Exercise data =>

..........

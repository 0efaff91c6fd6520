//! Filler: bytes FF (`filler()`).
ghost use Rattle.std.specs.Prelude.{◌≡◌, true, length};
ghost use Rattle.apv_base.specs.model.Pbu.{is_filler as is_filler_lem};

/// Whether each byte is FF.
pub fn is_filler(bytes: &[u8]) -> bool
    ensures { result ≡ is_filler_lem bytes.now }
{
    bytes.iter().all(|byte| *byte == 255)
}

/// Fills a slice with filler, bytes FF (`filler()`).
pub fn put_filler(out: &mut [u8])
    ensures bytes { is_filler_lem out.new ≡ true }
    ensures len { length out.new ≡ length out.old }
{
    out.fill(255);
}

..........

What you should do => All of the records above need to be printed again exactly as they appear.

Answer to the problem =>
repository 0efaff91c6fd6520
//! Filler: bytes FF (`filler()`).
ghost use Rattle.std.specs.Prelude.{◌≡◌, true, length};
ghost use Rattle.apv_base.specs.model.Pbu.{is_filler as is_filler_lem};

/// Whether each byte is FF.
pub fn is_filler(bytes: &[u8]) -> bool
    ensures { result ≡ is_filler_lem bytes.now }
{
    bytes.iter().all(|byte| *byte == 255)
}

/// Fills a slice with filler, bytes FF (`filler()`).
pub fn put_filler(out: &mut [u8])
    ensures bytes { is_filler_lem out.new ≡ true }
    ensures len { length out.new ≡ length out.old }
{
    out.fill(255);
}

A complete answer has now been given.